Physical characteristics
- Source: Forested streams
- • location: Sainte-Agathe-de-Lotbinière
- • coordinates: 46°20′20″N 71°23′01″W﻿ / ﻿46.338925°N 71.383566°W
- • elevation: 226 metres (741 ft)
- Mouth: Filkars River
- • location: Sainte-Agathe-de-Lotbinière)
- • coordinates: 46°20′20″N 71°23′01″W﻿ / ﻿46.338925°N 71.383566°W
- • elevation: 167 metres (548 ft)
- Length: 7.7 kilometres (4.8 mi)

Basin features
- Progression: Filkars River, Beaurivage River, Chaudière River, St. Lawrence
- • left: (upstream)
- • right: (upstream)

= Armagh River =

River in Chaudière-Appalaches, Quebec (Canada)

The Armagh River (in French: rivière Armagh) is a tributary of the Filkars River which flows on the south bank of the Beaurivage River whose current flows successively on the west bank of the Chaudière River and on the south shore of the St. Lawrence River. It flows in the municipality of Sainte-Agathe-de-Lotbinière, in the Lotbinière Regional County Municipality, in the administrative region of Chaudière-Appalaches, in Quebec, in Canada.

== Geography ==

The main neighboring watersheds of the River Armagh are:
- north side: rivière du Chêne, Henri River, Beaurivage River;
- east side: Beaurivage River, Chaudière River;
- south side: Bécancour River, Palmer River, Saint-André River;
- west side: Bécancour River.

The Armagh River has its source in the municipality of Sainte-Agathe-de-Lotbinière at 4.6 km south of the village.

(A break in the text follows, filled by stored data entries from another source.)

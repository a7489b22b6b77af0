use base_words::Location;

/// A node of the flow graph: a location, with what is open there at the exits of calls.
#[derive(Clone, Copy, Debug, PartialEq, Eq, Hash)]
pub struct Node {
    /// The location.
    pub location: Location,
    /// What is open there, by its index among all that is open at the nodes of the graph.
    pub opening: usize,
}
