//! The locations that the instructions of a location go on at, pattern by pattern.

ghost use Rattle.std.specs.Prelude.{◌≡◌, OnOk};
ghost use Rattle.read_decks.specs.InDeck.{loads_in};
ghost use Rattle.base_notes.specs.Allowed.{matching};
ghost use Rattle.flow_graph.specs.Executed.{with_new, successors};
ghost use Rattle.flow_graph.specs.Found.{places_of, targets_of, targets_by};
ghost use Rattle.machine_steps.specs.WaysLeft.{ways_left};

use crate::alike::same_ways_end;
use crate::location_set::LocationSet;
use crate::patterns::{Patterns, instruction_of};
use base_notes::{Notes, Pattern};
use base_words::Location;
use machine_steps::{Way, Ways};
use read_decks::Deck;
use std::alloc::AllocError;

impl LocationSet {
    /// Adds the successors of a location, in the order of its hops, unless they are there.
    pub fn add_successors(
        &mut self,
        deck: &Deck,
        notes: &Notes,
        location: Location,
    ) -> Result<(), AllocError>
        ensures { OnOk result (places_of self.new ≡ with_new (places_of self.old)
            (successors (loads_in deck.now) notes.now location.number)) }
    {
        for pattern in Patterns::at(deck, notes, location) {
            self.add_pattern(notes, pattern)?;
        }
        Ok(())
    }

    /// Adds the locations that the instructions of a pattern go on at: of those with the same ways
    /// the first one's.
    fn add_pattern(&mut self, notes: &Notes, pattern: Pattern) -> Result<(), AllocError>
        ensures { OnOk result (places_of self.new
            ≡ with_new (places_of self.old) (targets_by notes.now (matching pattern))) }
    {
        let mut d = pattern.d_from;
        while d <= pattern.d_to {
            let instruction = instruction_of(pattern, d);
            self.add_ways(Ways::of(notes, instruction))?;
            d = same_ways_end(notes, instruction);
        }
        Ok(())
    }

    /// Adds the locations that ways go on at.
    fn add_ways(&mut self, ways: Ways) -> Result<(), AllocError>
        ensures { OnOk result (places_of self.new
            ≡ with_new (places_of self.old) (targets_of (ways_left ways))) }
    {
        for way in ways {
            let Way::To(location) = way else {
                continue;
            };
            self.add(location)?;
        }
        Ok(())
    }
}
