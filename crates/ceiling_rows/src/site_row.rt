//! What the hops from all sites take at most, by where they lead.

ghost use Rattle.std.specs.Prelude.{◌≡◌, ℕ, ◌<◌, Contains, IfOk, Some, length, option_to_list};
ghost use Rattle.std.specs.Prelude.{slice_get};
ghost use Rattle.base_notes.specs.declared.times.Times as tables;
ghost use Rattle.flow_graph.specs.Executed.{AreAllNodes};
ghost use Rattle.flow_graph.specs.Flow.{deck_of, executed_in, nodes_of, notes_of, of_flow, AreFound};
ghost use Rattle.flow_graph.specs.Hops.{Node};
ghost use Rattle.flow_graph.specs.SettingOf.{setting};
ghost use Rattle.ceiling_rows.specs.Rows.{AreRows};
ghost use Rattle.ceiling_rows.specs.SiteRows.{AreSiteRows, EndWithin, HasAllOnward};
ghost use Rattle.ceiling_rows.specs.SiteRows.{HasOnward, IsMadeOf};
ghost use Rattle.ceiling_rows.specs.Sites.{sites_in, AreSites};

use crate::row::{Edge, Row};
use crate::sites::{Site, Sites};
use crate::slot::Slot;
use base_words::Location;
use flow_graph::{Flow, Hop};
use std::alloc::{AllocError, Global};

/// The hops that lead from one site to another.
#[derive(Clone, Copy)]
pub struct SiteEdge {
    /// The number of the site that they lead to.
    pub onto: usize,
    /// The most word times that they take, from when the one instruction is found to when the other
    /// is.
    pub time: u32,
    /// The most until one of them ends, and 49 more.
    pub stop: u32,
    /// The index of the mark that stands on the edge of their locations.
    pub mark: Option<u8>,
    /// One of them that takes the most word times.
    pub hop: Hop,
}

/// What the hops from a site take at most.
#[derive(Drop)]
pub struct SiteRow {
    /// The location of the site's node.
    pub location: Location,
    /// The most word times until one of them ends that leads nowhere, or along an edge without a
    /// mark, and 49 more; 0 of none.
    pub stop: u32,
    /// One of those that ends last.
    pub last: Option<Hop>,
    /// Where they lead.
    pub edges: Vec<SiteEdge>,
}

impl SiteRow {
    ghost use Rattle.std.specs.Prelude.{◌≤◌};

    /// The row with these edges, of a site of a location with this row.
    fn of(location: Location, row: &Row, edges: Vec<SiteEdge>) -> SiteRow
        ensures own { row.now.stop ≤ result.stop }
        ensures within { EndWithin result.stop result.edges.items }
        ensures edges { result.edges.items ≡ edges.items }
    {
        let mut stop = row.stop;
        let mut last = row.last;
        for edge in &edges {
            if edge.mark.is_none() && stop < edge.stop {
                stop = edge.stop;
                last = Some(edge.hop);
            }
        }
        SiteRow {
            location,
            stop,
            last,
            edges,
        }
    }
}

/// The edge from a node that an edge of its location's row stands for; `None` where no step may go
/// along it.
fn site_edge(flow: &Flow<'_>, sites: &Sites, node: usize, edge: &Edge) -> Option<SiteEdge>
    requires { node < length (nodes_of flow.now) }
    ensures { (from : Node) → slice_get (nodes_of flow.now) node ≡ Some from
        → HasOnward (notes_of flow.now) (nodes_of flow.now) (sites_in sites.now) from edge.now
        (option_to_list result) }
{
    let next = flow.onward(node, edge.onto.location())?;
    let onto = sites.number(next, edge.onto.angle())?;
    Some(SiteEdge {
        onto,
        time: edge.time,
        stop: edge.stop,
        mark: edge.mark,
        hop: edge.hop,
    })
}

/// The edges from a node that those of its location's row stand for.
fn site_edges(
    alloc: Global,
    flow: &Flow<'_>,
    sites: &Sites,
    node: usize,
    edges: &[Edge],
) -> Result<Vec<SiteEdge>, AllocError>
    requires { node < length (nodes_of flow.now) }
    ensures { IfOk result (λ made. (from : Node) → slice_get (nodes_of flow.now) node ≡ Some from
        → HasAllOnward (notes_of flow.now) (nodes_of flow.now) (sites_in sites.now) from edges.now
        made.items) }
{
    let mut made = Vec::new(alloc);
    for edge in edges {
        if let Some(edge) = site_edge(flow, sites, node, edge) {
            made.push(edge)?;
        }
    }
    Ok(made)
}

/// The row of a site, by that of its location at its angle.
fn site_row(
    alloc: Global,
    flow: &Flow<'_>,
    sites: &Sites,
    site: Site,
    rows: &[Option<Row>],
) -> Result<SiteRow, AllocError>
    requires { site.node < length (nodes_of flow.now) }
    ensures { IfOk result (IsMadeOf (notes_of flow.now) (nodes_of flow.now) (sites_in sites.now)
        rows.now site) }
{
    let location = flow.location(site.node);
    let slot = Slot::of(location, site.angle);
    let Some(Some(row)) = rows.get(usize::from(slot.number)) else {
        return Ok(SiteRow {
            location,
            stop: 0,
            last: None,
            edges: Vec::new(alloc),
        });
    };
    let edges = site_edges(alloc, flow, sites, site.node, &row.edges)?;
    Ok(SiteRow::of(location, row, edges))
}

/// The rows of all sites, by those of the executed locations.
pub fn site_rows(
    alloc: Global,
    flow: &Flow<'_>,
    sites: &Sites,
    rows: &[Option<Row>],
) -> Result<Vec<SiteRow>, AllocError>
    requires nodes { of_flow AreAllNodes flow.now (nodes_of flow.now) }
    requires found { of_flow AreFound flow.now (executed_in flow.now) }
    requires sites { AreSites (nodes_of flow.now) (sites_in sites.now) }
    ensures { IfOk result (λ made. (times : tables.Times)
        → AreRows (setting (deck_of flow.now) times (notes_of flow.now)) (executed_in flow.now)
        rows.now → AreSiteRows (setting (deck_of flow.now) times (notes_of flow.now))
        (nodes_of flow.now) (sites_in sites.now) made.items) }
{
    let mut made = Vec::new(alloc);
    for number in 0..sites.len() {
        let row = site_row(alloc, flow, sites, sites.at(number), rows)?;
        made.push(row)?;
    }
    Ok(made)
}
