//! The marks of edges that lack one. Edges that go back to one location share a mark where one loop
//! stands inside those of several of them.

ghost use Rattle.std.specs.Prelude.{◌≡◌, ◌++◌, ◌∷◌, [], ◌↔◌, IsTrue, IfOk, OnOk, filter, map};
ghost use Rattle.std.specs.List.{list_any};
ghost use Rattle.base_notes.specs.EdgeOf.{edge_of};
ghost use Rattle.check_findings.specs.Edges as of_marks;
ghost use Rattle.check_deck.specs.FindingsOf.{IsInsideIn};
ghost use Rattle.check_deck.specs.KnownInside.{AreKnown};
ghost use Rattle.check_deck.specs.Insides as said;
ghost use Rattle.check_deck.specs.Insides.{HasOne, HasSeveralWays, IsRound, ShareMark, AreShared};
ghost use Rattle.check_deck.specs.Insides.{goes_onto, new_mark, new_marks};

use crate::nesting::Nesting;
use crate::several::{has_several_ways, is_one_of};
use base_notes::{Edge, Edges};
use base_words::Location;
use check_findings::{mark_alone, marks_of};
use flow_graph::Flow;
use std::alloc::{AllocError, Global};

/// Those of some edges that go back to a location.
fn those_onto(alloc: Global, edges: &[Edge], head: Location) -> Result<Vec<Edge>, AllocError>
    ensures { IfOk result (λ those. map edge_of those.items
        ≡ filter (goes_onto head.number) (map edge_of edges.now)) }
{
    let mut those = Vec::new(alloc);
    for edge in edges {
        if edge.onto.number() != head.number() {
            continue;
        }
        those.push(*edge)?;
    }
    Ok(those)
}

/// A mark on each of these edges alone.
fn each_alone(alloc: Global, edges: &[Edge]) -> Result<Vec<Edges>, AllocError>
    ensures { IfOk result (λ marks. marks.items ≡ said.alone (map edge_of edges.now)) }
{
    let mut marks = Vec::new(alloc);
    for edge in edges {
        marks.push(mark_alone(alloc, *edge)?)?;
    }
    Ok(marks)
}

/// Whether the loop of one of the inner edges stands inside loops of two of these marks that go
/// back to one location.
fn one_has_several_ways(
    alloc: Global,
    nesting: &Nesting<'_>,
    marks: &[Edges],
    inners: &[Edge],
) -> Result<bool, AllocError>
    requires { AreKnown nesting.now }
    ensures { IfOk result (λ several. IsTrue several ↔ HasOne (λ inner. HasSeveralWays
        (IsRound (IsInsideIn nesting.now.flow.now) (inner ∷ [])) marks.now)
        (map edge_of inners.now)) }
{
    for inner in inners {
        let mark = [*inner];
        if has_several_ways(alloc, nesting, marks, &mark)? {
            return Ok(true);
        }
    }
    Ok(false)
}

/// Whether those of some edges that go back to a location share a mark.
fn share_mark(
    alloc: Global,
    nesting: &Nesting<'_>,
    inners: &[Edge],
    edges: &[Edge],
    head: Location,
) -> Result<bool, AllocError>
    requires { AreKnown nesting.now }
    ensures { IfOk result (λ share. IsTrue share ↔ ShareMark (IsInsideIn nesting.now.flow.now)
        (map edge_of inners.now) (map edge_of edges.now) head.number) }
{
    let those = those_onto(alloc, edges, head)?;
    let marks = each_alone(alloc, &those)?;
    one_has_several_ways(alloc, nesting, &marks, inners)
}

/// Whether one of some edges goes back to a location.
fn one_goes_onto(edges: &[Edge], head: Location) -> bool
    ensures { result ≡ list_any (goes_onto head.number) (map edge_of edges.now) }
{
    for edge in edges {
        if edge.onto.number() == head.number() {
            return true;
        }
    }
    false
}

/// The locations that edges go back to which share a mark, each once.
pub fn shared_heads(
    alloc: Global,
    nesting: &Nesting<'_>,
    inners: &[Edge],
    edges: &[Edge],
) -> Result<Vec<Location>, AllocError>
    requires { AreKnown nesting.now }
    ensures { IfOk result (λ shared. AreShared (IsInsideIn nesting.now.flow.now)
        (map edge_of inners.now) (map edge_of edges.now)
        (map (λ head. head.number) shared.items)) }
{
    let mut shared = Vec::new(alloc);
    for (index, edge) in edges.iter().enumerate() {
        if one_goes_onto(&edges[..index], edge.onto) {
            continue;
        }
        if !share_mark(alloc, nesting, inners, edges, edge.onto)? {
            continue;
        }
        shared.push(edge.onto)?;
    }
    Ok(shared)
}

/// The mark of one of some edges: on all of these that share it, or on this one alone.
pub fn mark_on(
    alloc: Global,
    shared: &[Location],
    edges: &[Edge],
    edge: Edge,
) -> Result<Edges, AllocError>
    ensures { IfOk result (λ mark. mark ≡ said.mark_on (map (λ head. head.number) shared.now)
        (map edge_of edges.now) (edge_of edge)) }
{
    if !is_one_of(shared, edge.onto) {
        return mark_alone(alloc, edge);
    }
    let those = those_onto(alloc, edges, edge.onto)?;
    Ok(Edges::new(those))
}

/// Whether the edge is a mark's first.
pub fn begins(mark: &[Edge], edge: Edge) -> bool
    ensures { result ≡ said.begins (map edge_of mark.now) (edge_of edge) }
{
    match mark.first() {
        Some(first) => first.leads(edge.from, edge.onto),
        None => false,
    }
}

/// Adds the mark that comes with one of some edges, if that is the mark's first.
pub fn add_new_mark(
    marks: &mut Vec<Edges>,
    alloc: Global,
    shared: &[Location],
    edges: &[Edge],
    edge: Edge,
) -> Result<(), AllocError>
    ensures { OnOk result (marks.new.items ≡ marks.old.items
        ++ new_mark (map (λ head. head.number) shared.now) (map edge_of edges.now)
        (edge_of edge)) }
{
    let mark = mark_on(alloc, shared, edges, edge)?;
    if !begins(mark.all(), edge) {
        return Ok(());
    }
    marks.push(mark)?;
    Ok(())
}

/// The notes' marks, and then those that come with these edges.
pub fn all_marks(
    alloc: Global,
    flow: &Flow<'_>,
    shared: &[Location],
    edges: &[Edge],
) -> Result<Vec<Edges>, AllocError>
    ensures { IfOk result (λ all. all.items ≡ of_marks.marks_of flow.now.notes.now
        ++ new_marks (map (λ head. head.number) shared.now) (map edge_of edges.now)
        (map edge_of edges.now)) }
{
    let mut all = marks_of(alloc, flow)?;
    for edge in edges {
        add_new_mark(&mut all, alloc, shared, edges, *edge)?;
    }
    Ok(all)
}
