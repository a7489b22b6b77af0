use crate::cycle::Cycle;
use base_words::Location;
use std::alloc::AllocError;
use thiserror::Error;

/// Why a deck with its notes isn't accepted.
#[derive(Debug, Drop, PartialEq, Eq, Error)]
pub enum Refusal {
    /// There is no memory for the analysis, or for what is made of it.
    #[error("there is no memory for the analysis")]
    Memory,
    /// The notes have calls: with them a deck has a ceiling, and no bound.
    #[error("the notes have calls")]
    HasCalls,
    /// At this executed location an operation is allowed, with this number of two digits, that is
    /// outside the profile.
    #[error("operation {1:02} at {0} is outside the profile")]
    NotInProfile(Location, u8),
    /// This executed location is neither loaded nor listed.
    #[error("location {0} is neither loaded nor listed")]
    NotLoaded(Location),
    /// An instruction at the executed location `writer` alters what stands at the executed location
    /// `word`, which isn't listed. The two may be one.
    #[error("{writer} alters {word}, which isn't listed")]
    Alters { writer: Location, word: Location },
    /// Discovery meets more than 65,536 nodes: locations with what is open there at the exits of
    /// calls.
    #[error("there are too many locations with what is open there")]
    TooMany,
    /// Edges free of marks lead round: nothing bounds how often this cycle is gone through.
    #[error("a cycle is free of marks")]
    Unbounded(Cycle),
    /// Executed words times counts is this product, which is more than 4,000,000. (2^127 stands for
    /// any product that is more.)
    #[error("{0} executed words times counts are too many")]
    TooLarge(u128),
}

impl From<AllocError> for Refusal {
    ghost use Rattle.std.specs.Prelude.{◌≡◌};
    ghost use Rattle.flow_graph.specs.declared.refusal.Refusal.TheVariants.{Memory};

    ghost from_gives = { λ _ refusal. refusal ≡ Memory };

    fn from(_: AllocError) -> Refusal {
        Refusal::Memory
    }
}
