//! The commands that there are, each as one entry of a list.
ghost use Rattle.std.specs.Prelude.{◌≡◌, map};
ghost use Rattle.program_command.specs.Entry.{verb_of};
ghost use Rattle.program_command.specs.Line.{verbs};

/// A file that a command names.
#[derive(Clone, Copy)]
pub(crate) struct FileWord {
    /// What the help calls it, and what clap finds it by.
    pub(crate) name: &'static str,
    /// What it is.
    pub(crate) help: &'static str,
    /// Whether it has to be named.
    pub(crate) needed: bool,
}

/// A command: its name, what the help says of it, and the files that it names.
#[derive(Clone, Copy)]
pub(crate) struct Entry {
    pub(crate) name: &'static str,
    /// What it prints, in a line.
    pub(crate) about: &'static str,
    /// A line as an example.
    pub(crate) example: &'static str,
    pub(crate) files: &'static [FileWord],
}

pub(crate) const DECK: FileWord = FileWord {
    name: "DECK",
    help: "The deck: cards for the drum of an IBM 650, one on each line",
    needed: true,
};

pub(crate) const TIMES: FileWord = FileWord {
    name: "TIMES",
    help: "The timing table: TOML, how many word times each operation takes",
    needed: true,
};

pub(crate) const NOTES: FileWord = FileWord {
    name: "NOTES",
    help: "The notes: TOML, bounds on loops, and what altered words may become",
    needed: true,
};

pub(crate) const INPUTS: FileWord = FileWord {
    name: "INPUTS",
    help: "The inputs: what the replayed run finds in the machine, and the cards that it reads",
    needed: true,
};

/// The inputs of a run, for a command that may do without them.
const INPUTS_TOO: FileWord = FileWord {
    name: "INPUTS",
    help: "The inputs of a replay, to be looked at too",
    needed: false,
};

/// The inputs of a run, for a command that draws the worst walk without them.
const INPUTS_DRAWN: FileWord = FileWord {
    name: "INPUTS",
    help: "The inputs of a replay, whose run is drawn in place of the worst walk",
    needed: false,
};

/// The files that every command works on.
const COMMON_FILES: &[FileWord] = &[DECK, TIMES, NOTES];

/// The files of a command that lets the deck run.
const RUN_FILES: &[FileWord] = &[DECK, TIMES, NOTES, INPUTS];

/// The files of a command that looks at inputs where they are named.
const CHECK_FILES: &[FileWord] = &[DECK, TIMES, NOTES, INPUTS_TOO];

/// The files of a command that draws the run of inputs where they are named.
const DRAW_FILES: &[FileWord] = &[DECK, TIMES, NOTES, INPUTS_DRAWN];

/// Each command that there is.
pub(crate) fn entries() -> &'static [Entry]
    ensures { map verb_of result.now ≡ verbs }
{
    &[
        Entry {
            name: "bound",
            about: "Prints `bound W`: no run that keeps to the notes takes more than W word times",
            example: "Example: drum650 bound deck.txt times.toml notes.toml",
            files: COMMON_FILES,
        },
        Entry {
            name: "check",
            about: "Prints all that keeps the deck from a bound, and what the notes lack",
            example: "Example: drum650 check deck.txt times.toml notes.toml inputs.txt",
            files: CHECK_FILES,
        },
        Entry {
            name: "report",
            about: "Prints where the worst walk spends its word times, card by card",
            example: "Example: drum650 report deck.txt times.toml notes.toml",
            files: COMMON_FILES,
        },
        Entry {
            name: "walk",
            about: "Prints the worst walk, a line for each instruction, with its waits",
            example: "Example: drum650 walk deck.txt times.toml notes.toml",
            files: COMMON_FILES,
        },
        Entry {
            name: "waits",
            about: "Prints what each instruction of the worst walk waits for, the dearest first",
            example: "Example: drum650 waits deck.txt times.toml notes.toml",
            files: COMMON_FILES,
        },
        Entry {
            name: "table",
            about: "Prints when each location is come to at the latest, by the marks' counts",
            example: "Example: drum650 table deck.txt times.toml notes.toml",
            files: COMMON_FILES,
        },
        Entry {
            name: "size",
            about: "Prints how many words, hops, counts and entries of the table there are",
            example: "Example: drum650 size deck.txt times.toml notes.toml",
            files: COMMON_FILES,
        },
        Entry {
            name: "graph",
            about: "Prints the flow graph, in the language DOT",
            example: "Example: drum650 graph deck.txt times.toml notes.toml | dot -Tsvg > g.svg",
            files: COMMON_FILES,
        },
        Entry {
            name: "outline",
            about: "Prints the flow graph with straight runs of words as one box",
            example: "Example: drum650 outline deck.txt times.toml notes.toml | dot -Tsvg > o.svg",
            files: COMMON_FILES,
        },
        Entry {
            name: "draw",
            about: "Prints a picture, in SVG, of the drum and of the worst walk, or of a run",
            example: "Example: drum650 draw deck.txt times.toml notes.toml > picture.svg",
            files: DRAW_FILES,
        },
        Entry {
            name: "ceiling",
            about: "Prints `ceiling C`: a bound that may be too high, for counts of any size",
            example: "Example: drum650 ceiling deck.txt times.toml notes.toml",
            files: COMMON_FILES,
        },
        Entry {
            name: "replay",
            about: "Lets the deck run once on inputs, and prints the verdict on that run",
            example: "Example: drum650 replay deck.txt times.toml notes.toml inputs.txt",
            files: RUN_FILES,
        },
        Entry {
            name: "trace",
            about: "Lets the deck run as `replay` does, and prints each step, with the registers",
            example: "Example: drum650 trace deck.txt times.toml notes.toml inputs.txt",
            files: RUN_FILES,
        },
    ]
}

This headland is located 0.8 km north of the Palmer River, east of the source of the Rivière aux Chevreuils and 2.2 km northwest of the municipal boundary of Saint-Jacques-de-Leeds.

From its source, the Armagh River flows on 7.7 km divided into the following segments:
- 3.3 km north, curving west, to route 271 which it intersects at 2.8 km south-east of the village of Sainte-Agathe-de-Lotbinière;
- 4.1 km north-east, to a country road;
- 0.3 km towards the northeast, up to its confluence.

The Armagh River empties on the east bank of the Filkars River at 4.8 km east of the village center of Sainte-Agathe-de-Lotbinière.

== Toponymy ==
The toponym Rivière Armagh was formalized on October 16, 1983 at the Commission de toponymie du Québec.